Check each line of the material for the string "push", and copy the lines that have it.

__________

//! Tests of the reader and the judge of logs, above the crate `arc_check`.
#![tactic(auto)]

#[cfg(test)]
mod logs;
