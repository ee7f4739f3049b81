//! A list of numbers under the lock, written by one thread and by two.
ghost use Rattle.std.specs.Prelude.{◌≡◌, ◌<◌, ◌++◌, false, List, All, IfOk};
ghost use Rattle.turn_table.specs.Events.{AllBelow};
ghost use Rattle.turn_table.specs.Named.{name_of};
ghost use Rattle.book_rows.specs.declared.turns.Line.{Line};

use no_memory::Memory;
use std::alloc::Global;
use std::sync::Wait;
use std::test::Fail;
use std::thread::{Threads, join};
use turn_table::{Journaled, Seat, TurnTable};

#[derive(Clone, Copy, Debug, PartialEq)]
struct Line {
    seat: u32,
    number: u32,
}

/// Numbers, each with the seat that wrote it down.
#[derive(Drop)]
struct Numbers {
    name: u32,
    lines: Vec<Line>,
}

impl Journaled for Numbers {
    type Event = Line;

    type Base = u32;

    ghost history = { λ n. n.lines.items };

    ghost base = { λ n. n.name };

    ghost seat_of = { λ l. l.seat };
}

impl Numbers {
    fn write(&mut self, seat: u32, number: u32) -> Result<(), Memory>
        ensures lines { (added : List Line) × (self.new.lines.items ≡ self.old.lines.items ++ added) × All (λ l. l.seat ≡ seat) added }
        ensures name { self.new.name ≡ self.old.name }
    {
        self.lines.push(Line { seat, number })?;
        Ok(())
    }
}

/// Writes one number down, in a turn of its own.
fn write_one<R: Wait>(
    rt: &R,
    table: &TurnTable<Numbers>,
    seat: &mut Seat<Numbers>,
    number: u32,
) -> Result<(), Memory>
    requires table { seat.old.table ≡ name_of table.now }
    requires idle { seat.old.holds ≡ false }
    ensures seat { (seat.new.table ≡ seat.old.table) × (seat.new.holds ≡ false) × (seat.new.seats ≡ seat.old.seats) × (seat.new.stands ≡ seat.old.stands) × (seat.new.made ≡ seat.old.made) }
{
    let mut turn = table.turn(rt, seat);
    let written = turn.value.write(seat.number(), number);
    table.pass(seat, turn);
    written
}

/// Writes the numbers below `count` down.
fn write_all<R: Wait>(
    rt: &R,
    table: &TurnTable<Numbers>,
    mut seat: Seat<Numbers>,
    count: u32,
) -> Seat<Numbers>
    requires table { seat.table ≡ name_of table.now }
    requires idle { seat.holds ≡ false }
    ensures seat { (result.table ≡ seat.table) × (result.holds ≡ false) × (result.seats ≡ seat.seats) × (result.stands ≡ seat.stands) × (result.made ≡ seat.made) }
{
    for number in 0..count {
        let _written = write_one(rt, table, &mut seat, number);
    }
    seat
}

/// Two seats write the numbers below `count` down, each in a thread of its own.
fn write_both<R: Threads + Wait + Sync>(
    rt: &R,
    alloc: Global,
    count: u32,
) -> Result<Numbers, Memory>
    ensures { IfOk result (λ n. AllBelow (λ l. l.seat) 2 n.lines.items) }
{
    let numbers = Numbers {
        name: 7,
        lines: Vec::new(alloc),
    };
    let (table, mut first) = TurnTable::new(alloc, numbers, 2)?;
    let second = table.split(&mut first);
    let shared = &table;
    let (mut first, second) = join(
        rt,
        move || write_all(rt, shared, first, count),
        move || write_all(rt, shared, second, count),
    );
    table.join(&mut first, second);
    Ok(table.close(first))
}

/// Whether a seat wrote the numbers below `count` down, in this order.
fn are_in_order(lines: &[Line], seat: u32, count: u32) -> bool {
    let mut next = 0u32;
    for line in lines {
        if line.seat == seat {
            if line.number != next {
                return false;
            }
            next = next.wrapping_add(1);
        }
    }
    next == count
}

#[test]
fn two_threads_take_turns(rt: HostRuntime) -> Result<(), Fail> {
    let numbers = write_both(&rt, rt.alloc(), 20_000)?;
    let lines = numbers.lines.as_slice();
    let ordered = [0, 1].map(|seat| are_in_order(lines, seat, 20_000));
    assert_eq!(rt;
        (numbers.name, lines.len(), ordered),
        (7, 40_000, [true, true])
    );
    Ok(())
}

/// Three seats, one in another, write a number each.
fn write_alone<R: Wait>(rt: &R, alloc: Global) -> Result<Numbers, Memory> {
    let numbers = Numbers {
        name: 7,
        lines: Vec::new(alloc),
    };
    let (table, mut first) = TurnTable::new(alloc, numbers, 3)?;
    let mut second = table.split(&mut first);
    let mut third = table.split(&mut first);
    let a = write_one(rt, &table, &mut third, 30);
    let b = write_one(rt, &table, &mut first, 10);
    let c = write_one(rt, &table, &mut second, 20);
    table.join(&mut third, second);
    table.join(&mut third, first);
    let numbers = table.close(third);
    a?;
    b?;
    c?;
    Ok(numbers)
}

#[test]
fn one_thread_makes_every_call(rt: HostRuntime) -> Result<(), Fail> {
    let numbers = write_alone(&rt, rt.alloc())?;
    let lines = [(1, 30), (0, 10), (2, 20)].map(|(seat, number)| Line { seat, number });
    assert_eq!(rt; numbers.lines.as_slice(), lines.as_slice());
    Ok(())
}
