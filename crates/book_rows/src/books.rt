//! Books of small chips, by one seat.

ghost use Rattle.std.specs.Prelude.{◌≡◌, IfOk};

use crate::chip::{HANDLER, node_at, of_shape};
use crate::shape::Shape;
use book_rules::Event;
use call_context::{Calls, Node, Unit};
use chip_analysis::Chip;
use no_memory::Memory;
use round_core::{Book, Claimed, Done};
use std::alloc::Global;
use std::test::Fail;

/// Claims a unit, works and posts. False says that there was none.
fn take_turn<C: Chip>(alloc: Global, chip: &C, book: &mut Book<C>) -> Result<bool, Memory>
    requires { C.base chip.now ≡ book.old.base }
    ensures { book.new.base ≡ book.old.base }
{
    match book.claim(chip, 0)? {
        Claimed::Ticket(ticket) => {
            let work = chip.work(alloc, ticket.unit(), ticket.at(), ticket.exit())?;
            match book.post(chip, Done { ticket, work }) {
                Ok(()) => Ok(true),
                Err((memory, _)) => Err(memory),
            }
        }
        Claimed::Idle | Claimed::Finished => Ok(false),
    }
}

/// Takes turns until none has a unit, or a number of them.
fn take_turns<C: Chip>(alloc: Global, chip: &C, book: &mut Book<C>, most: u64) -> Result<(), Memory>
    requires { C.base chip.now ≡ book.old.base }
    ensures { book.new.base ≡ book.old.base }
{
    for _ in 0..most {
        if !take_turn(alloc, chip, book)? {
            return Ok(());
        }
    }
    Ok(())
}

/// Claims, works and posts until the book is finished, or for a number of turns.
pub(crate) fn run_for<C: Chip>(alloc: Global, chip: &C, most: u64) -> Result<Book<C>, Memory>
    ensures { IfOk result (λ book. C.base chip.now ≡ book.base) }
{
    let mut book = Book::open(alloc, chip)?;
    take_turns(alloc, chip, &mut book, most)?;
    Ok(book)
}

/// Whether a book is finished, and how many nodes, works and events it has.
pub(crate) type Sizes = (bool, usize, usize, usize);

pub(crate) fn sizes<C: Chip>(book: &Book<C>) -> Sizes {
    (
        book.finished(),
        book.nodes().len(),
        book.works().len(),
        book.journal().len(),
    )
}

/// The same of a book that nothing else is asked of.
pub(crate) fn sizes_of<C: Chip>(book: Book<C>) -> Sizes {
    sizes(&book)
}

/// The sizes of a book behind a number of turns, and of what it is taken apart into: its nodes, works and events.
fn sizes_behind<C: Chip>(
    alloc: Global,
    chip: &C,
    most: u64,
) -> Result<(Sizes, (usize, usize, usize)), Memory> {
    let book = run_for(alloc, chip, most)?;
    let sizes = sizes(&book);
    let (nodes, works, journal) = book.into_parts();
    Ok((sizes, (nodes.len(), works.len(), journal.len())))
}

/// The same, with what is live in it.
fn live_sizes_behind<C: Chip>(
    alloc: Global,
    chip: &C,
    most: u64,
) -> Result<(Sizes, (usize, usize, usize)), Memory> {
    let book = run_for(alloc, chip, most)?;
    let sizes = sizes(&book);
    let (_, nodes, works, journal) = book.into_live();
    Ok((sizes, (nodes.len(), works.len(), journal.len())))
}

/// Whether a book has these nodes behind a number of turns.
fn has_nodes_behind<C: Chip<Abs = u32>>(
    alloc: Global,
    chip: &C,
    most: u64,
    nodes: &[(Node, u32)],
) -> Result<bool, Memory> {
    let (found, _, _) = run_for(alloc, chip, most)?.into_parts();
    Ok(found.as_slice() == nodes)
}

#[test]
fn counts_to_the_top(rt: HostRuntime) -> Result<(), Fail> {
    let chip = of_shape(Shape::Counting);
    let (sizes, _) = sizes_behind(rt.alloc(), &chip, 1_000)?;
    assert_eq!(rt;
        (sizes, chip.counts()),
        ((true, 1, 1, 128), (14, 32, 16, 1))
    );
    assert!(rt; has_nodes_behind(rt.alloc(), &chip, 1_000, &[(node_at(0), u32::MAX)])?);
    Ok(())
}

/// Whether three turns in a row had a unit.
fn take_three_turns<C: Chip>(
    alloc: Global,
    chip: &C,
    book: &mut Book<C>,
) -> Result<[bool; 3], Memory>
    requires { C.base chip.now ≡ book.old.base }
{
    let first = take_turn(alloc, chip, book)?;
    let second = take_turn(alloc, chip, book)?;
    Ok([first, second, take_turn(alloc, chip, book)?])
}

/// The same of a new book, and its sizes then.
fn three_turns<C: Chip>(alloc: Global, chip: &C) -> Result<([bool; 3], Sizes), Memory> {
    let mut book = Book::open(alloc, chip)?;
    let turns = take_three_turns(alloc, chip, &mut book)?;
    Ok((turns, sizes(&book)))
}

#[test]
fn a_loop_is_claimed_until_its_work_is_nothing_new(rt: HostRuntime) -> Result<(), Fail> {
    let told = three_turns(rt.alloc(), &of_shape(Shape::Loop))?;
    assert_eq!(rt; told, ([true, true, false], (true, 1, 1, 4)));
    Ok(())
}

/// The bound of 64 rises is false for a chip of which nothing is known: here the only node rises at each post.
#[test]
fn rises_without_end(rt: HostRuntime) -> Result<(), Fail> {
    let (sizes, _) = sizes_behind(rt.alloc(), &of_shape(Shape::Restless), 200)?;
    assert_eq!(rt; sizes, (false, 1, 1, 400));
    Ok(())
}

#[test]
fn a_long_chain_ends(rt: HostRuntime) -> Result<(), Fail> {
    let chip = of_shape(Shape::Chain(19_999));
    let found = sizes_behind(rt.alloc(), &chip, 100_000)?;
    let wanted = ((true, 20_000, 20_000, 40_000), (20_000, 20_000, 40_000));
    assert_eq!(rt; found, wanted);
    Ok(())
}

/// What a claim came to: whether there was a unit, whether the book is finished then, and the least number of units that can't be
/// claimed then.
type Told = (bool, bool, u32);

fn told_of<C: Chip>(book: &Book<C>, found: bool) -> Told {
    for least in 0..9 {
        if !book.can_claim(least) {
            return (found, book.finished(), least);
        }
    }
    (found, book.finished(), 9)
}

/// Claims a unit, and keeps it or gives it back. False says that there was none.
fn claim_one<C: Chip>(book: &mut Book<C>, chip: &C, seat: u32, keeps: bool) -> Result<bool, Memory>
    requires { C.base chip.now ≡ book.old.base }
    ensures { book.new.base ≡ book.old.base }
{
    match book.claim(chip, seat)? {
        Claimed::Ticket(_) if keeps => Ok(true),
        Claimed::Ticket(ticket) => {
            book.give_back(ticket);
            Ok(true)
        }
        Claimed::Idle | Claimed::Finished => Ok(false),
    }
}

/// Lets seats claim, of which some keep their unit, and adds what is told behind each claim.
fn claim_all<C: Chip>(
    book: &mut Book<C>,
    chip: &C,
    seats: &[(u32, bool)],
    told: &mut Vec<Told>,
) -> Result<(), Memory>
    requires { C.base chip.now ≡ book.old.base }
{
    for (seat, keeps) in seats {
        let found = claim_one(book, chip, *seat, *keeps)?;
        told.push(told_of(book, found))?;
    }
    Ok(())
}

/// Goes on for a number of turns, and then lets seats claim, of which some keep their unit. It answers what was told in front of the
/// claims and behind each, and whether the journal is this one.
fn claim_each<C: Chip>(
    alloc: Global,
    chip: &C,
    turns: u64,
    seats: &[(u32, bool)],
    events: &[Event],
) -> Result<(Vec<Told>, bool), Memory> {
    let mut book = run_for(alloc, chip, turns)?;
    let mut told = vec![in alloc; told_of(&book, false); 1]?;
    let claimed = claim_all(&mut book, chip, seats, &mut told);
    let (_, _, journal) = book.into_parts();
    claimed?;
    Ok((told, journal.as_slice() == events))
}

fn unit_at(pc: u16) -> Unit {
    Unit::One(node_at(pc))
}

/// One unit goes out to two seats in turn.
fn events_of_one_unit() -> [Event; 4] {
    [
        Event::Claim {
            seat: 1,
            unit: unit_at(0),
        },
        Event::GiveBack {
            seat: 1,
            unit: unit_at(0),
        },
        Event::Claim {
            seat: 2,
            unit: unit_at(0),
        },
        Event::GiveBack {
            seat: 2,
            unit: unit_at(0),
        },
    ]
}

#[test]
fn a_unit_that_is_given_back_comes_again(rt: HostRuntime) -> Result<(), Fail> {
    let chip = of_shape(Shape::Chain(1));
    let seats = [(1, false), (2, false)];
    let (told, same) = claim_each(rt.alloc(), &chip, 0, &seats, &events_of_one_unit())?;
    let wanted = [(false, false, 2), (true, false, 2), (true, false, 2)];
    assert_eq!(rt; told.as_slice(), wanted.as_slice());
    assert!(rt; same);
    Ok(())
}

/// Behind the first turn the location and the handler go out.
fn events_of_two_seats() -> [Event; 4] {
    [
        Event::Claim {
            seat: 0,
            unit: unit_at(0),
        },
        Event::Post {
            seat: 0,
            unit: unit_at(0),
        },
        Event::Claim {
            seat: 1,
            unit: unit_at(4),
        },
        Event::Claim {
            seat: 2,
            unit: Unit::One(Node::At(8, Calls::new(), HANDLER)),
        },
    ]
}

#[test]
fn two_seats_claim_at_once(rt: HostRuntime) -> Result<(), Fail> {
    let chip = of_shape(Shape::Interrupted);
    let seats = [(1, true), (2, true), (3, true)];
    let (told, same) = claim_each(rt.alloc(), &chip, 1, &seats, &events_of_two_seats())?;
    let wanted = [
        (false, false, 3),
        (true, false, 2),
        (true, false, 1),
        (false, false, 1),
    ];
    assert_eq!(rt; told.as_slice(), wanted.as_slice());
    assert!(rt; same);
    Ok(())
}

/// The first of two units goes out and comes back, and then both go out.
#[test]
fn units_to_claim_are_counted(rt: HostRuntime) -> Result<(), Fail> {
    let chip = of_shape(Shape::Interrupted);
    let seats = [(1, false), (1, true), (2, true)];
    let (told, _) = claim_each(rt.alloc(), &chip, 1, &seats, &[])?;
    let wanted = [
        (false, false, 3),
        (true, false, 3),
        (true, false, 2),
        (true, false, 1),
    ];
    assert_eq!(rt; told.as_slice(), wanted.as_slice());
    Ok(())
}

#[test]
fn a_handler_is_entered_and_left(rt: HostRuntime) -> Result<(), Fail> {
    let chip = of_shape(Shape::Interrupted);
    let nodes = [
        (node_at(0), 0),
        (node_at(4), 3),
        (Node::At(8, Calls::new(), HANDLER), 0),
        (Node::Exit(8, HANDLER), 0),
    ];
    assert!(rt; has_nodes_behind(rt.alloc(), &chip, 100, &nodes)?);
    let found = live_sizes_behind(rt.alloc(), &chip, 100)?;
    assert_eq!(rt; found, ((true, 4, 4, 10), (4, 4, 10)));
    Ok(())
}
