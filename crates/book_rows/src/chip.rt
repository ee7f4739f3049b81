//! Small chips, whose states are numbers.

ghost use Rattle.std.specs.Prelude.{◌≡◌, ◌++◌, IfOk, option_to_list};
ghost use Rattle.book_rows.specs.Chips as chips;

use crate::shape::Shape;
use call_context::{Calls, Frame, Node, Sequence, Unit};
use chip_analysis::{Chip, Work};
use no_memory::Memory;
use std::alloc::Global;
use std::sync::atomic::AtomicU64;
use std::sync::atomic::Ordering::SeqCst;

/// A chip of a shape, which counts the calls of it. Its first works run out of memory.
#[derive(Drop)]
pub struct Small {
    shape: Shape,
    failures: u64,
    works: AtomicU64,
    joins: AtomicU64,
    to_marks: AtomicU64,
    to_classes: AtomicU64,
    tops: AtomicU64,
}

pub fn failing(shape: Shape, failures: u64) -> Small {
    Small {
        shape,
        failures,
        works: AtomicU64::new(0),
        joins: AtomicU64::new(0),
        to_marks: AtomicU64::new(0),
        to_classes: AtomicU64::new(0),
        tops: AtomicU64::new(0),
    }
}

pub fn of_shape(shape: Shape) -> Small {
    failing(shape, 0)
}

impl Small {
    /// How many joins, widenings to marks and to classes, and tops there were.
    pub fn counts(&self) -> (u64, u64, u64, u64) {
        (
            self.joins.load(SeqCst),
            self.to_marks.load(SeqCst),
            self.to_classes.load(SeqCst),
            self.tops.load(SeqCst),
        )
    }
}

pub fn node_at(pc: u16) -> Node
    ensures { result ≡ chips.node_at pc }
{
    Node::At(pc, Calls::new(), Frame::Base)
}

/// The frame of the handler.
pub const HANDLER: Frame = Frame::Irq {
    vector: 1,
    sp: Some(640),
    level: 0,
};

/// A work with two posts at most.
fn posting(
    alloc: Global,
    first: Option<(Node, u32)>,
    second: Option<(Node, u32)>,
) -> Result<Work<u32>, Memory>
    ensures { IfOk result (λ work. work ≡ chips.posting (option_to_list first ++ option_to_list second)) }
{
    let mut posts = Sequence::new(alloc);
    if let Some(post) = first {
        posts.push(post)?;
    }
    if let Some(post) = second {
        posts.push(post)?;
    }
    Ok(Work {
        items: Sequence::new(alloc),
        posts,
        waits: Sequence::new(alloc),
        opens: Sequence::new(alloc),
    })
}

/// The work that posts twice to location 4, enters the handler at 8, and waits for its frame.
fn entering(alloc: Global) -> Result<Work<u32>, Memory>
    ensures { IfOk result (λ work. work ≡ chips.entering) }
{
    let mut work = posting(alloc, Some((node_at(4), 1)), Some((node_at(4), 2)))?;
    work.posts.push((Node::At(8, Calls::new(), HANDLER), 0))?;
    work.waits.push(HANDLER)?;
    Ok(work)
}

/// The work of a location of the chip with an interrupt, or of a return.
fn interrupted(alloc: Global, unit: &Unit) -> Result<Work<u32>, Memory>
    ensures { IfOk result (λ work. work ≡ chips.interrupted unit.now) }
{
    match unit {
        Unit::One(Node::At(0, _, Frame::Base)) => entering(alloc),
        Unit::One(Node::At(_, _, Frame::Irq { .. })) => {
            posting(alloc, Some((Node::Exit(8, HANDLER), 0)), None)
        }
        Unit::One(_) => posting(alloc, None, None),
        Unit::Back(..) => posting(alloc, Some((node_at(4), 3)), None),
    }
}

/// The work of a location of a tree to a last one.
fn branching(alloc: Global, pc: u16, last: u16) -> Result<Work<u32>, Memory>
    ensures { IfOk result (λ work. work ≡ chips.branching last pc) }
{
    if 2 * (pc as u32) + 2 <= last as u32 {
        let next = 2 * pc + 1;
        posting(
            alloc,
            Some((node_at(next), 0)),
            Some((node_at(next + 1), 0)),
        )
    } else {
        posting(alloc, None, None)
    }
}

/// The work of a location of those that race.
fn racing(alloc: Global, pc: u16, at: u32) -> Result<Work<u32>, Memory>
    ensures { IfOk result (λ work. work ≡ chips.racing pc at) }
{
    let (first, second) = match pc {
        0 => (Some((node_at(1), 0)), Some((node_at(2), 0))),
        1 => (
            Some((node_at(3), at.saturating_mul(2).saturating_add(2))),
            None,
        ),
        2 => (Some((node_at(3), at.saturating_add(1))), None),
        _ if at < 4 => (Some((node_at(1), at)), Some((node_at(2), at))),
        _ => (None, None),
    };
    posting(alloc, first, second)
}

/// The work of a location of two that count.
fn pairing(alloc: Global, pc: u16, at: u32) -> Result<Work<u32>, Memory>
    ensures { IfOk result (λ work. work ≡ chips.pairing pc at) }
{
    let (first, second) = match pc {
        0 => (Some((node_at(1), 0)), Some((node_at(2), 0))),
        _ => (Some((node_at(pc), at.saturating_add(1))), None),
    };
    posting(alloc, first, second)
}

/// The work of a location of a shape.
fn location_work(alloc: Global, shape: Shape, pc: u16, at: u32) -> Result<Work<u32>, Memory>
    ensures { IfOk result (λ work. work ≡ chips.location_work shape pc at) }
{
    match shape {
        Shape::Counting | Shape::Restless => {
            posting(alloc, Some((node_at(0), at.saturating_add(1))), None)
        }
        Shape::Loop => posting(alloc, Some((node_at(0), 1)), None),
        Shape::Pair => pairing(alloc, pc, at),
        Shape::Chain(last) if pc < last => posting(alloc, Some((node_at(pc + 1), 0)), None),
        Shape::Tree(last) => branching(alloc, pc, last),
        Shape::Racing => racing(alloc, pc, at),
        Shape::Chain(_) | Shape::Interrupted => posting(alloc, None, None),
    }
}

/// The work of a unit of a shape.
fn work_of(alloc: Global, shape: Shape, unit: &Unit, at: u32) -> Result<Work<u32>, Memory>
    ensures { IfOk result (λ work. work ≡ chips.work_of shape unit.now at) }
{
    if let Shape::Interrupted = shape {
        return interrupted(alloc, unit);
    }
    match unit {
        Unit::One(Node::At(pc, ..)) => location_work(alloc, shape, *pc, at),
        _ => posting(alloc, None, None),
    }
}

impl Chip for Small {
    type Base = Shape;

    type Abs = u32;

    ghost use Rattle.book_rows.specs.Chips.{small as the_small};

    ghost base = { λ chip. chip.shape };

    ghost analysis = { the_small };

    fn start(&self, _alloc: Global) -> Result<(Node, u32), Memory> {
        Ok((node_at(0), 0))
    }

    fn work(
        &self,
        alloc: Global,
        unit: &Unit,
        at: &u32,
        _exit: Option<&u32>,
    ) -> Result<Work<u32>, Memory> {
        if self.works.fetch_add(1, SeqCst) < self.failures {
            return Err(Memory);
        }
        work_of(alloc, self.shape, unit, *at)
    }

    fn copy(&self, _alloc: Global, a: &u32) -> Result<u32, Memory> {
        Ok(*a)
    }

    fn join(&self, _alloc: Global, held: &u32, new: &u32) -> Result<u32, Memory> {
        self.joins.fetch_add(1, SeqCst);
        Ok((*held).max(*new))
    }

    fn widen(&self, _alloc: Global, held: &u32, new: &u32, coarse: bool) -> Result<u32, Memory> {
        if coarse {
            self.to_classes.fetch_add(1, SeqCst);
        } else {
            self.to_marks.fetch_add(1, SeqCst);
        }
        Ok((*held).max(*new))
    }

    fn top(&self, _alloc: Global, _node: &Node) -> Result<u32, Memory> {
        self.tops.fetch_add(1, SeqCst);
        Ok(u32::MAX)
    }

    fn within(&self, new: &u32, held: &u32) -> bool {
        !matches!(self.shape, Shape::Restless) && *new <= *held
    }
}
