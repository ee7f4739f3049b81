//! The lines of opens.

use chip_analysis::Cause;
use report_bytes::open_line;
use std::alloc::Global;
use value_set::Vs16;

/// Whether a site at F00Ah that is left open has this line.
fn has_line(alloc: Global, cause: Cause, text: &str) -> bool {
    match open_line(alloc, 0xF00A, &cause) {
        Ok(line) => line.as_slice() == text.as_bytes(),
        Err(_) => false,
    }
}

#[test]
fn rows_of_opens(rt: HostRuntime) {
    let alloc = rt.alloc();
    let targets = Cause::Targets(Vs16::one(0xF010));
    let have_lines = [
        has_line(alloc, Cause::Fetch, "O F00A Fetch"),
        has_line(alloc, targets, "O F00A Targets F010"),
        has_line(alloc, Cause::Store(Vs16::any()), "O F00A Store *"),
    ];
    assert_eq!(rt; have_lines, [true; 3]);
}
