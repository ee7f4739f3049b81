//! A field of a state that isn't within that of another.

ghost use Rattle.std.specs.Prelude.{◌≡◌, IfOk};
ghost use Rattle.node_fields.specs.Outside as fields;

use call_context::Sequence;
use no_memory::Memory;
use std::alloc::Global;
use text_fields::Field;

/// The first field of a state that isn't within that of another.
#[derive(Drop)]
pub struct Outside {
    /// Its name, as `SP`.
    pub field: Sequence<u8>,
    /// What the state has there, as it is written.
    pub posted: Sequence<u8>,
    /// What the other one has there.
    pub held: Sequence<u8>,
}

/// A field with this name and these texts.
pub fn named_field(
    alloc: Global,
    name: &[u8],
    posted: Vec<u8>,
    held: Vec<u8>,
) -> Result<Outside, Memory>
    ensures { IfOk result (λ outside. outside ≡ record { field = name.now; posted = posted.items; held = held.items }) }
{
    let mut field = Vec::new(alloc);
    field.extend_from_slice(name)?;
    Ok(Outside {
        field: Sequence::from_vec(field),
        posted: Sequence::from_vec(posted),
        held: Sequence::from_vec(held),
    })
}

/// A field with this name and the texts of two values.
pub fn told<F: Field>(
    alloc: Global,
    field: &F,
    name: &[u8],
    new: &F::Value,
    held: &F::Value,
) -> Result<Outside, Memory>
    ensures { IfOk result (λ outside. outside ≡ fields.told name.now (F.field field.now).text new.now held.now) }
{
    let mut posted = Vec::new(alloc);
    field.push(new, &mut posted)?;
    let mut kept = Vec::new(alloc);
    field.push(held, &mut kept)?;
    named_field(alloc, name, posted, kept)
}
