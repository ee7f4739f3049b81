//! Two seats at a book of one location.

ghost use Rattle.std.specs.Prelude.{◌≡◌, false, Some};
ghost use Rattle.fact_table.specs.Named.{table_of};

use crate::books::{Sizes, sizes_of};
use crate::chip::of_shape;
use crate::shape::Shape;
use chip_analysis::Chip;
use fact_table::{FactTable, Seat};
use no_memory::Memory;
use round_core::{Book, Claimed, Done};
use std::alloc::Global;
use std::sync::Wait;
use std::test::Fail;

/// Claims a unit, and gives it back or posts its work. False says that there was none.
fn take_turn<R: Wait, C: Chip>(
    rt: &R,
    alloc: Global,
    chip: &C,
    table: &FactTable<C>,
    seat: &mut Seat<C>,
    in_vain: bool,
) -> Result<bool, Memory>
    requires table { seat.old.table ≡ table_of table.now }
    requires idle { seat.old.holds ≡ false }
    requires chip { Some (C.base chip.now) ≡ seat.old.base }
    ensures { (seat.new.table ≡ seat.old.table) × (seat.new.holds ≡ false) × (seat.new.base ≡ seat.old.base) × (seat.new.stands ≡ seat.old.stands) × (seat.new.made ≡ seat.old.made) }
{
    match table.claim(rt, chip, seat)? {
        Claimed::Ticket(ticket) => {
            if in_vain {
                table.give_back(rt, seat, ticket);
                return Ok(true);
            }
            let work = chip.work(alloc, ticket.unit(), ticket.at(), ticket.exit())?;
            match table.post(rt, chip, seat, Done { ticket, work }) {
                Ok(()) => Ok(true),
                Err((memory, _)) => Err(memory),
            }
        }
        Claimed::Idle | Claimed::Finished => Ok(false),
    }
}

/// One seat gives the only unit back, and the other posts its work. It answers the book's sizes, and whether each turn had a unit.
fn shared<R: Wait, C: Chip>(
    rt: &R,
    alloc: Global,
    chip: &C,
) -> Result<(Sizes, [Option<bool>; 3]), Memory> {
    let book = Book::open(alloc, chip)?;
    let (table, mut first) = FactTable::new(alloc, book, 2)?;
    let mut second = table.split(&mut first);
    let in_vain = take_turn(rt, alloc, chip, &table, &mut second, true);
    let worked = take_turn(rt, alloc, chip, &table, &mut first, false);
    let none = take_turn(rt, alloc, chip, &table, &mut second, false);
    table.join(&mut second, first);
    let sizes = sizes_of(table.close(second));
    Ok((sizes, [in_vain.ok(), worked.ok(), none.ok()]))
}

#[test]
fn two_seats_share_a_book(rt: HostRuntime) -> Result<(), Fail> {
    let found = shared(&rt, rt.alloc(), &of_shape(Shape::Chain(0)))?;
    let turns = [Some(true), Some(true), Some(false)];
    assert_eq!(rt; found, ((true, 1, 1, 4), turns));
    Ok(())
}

__________

• **Reply to the task**:
        self.lines.push(Line { seat, number })?;
        told.push(told_of(book, found))?;
        posts.push(post)?;
        posts.push(post)?;
    work.posts.push((Node::At(8, Calls::new(), HANDLER), 0))?;
    work.waits.push(HANDLER)?;
    field.push(new, &mut posted)?;
    field.push(held, &mut kept)?;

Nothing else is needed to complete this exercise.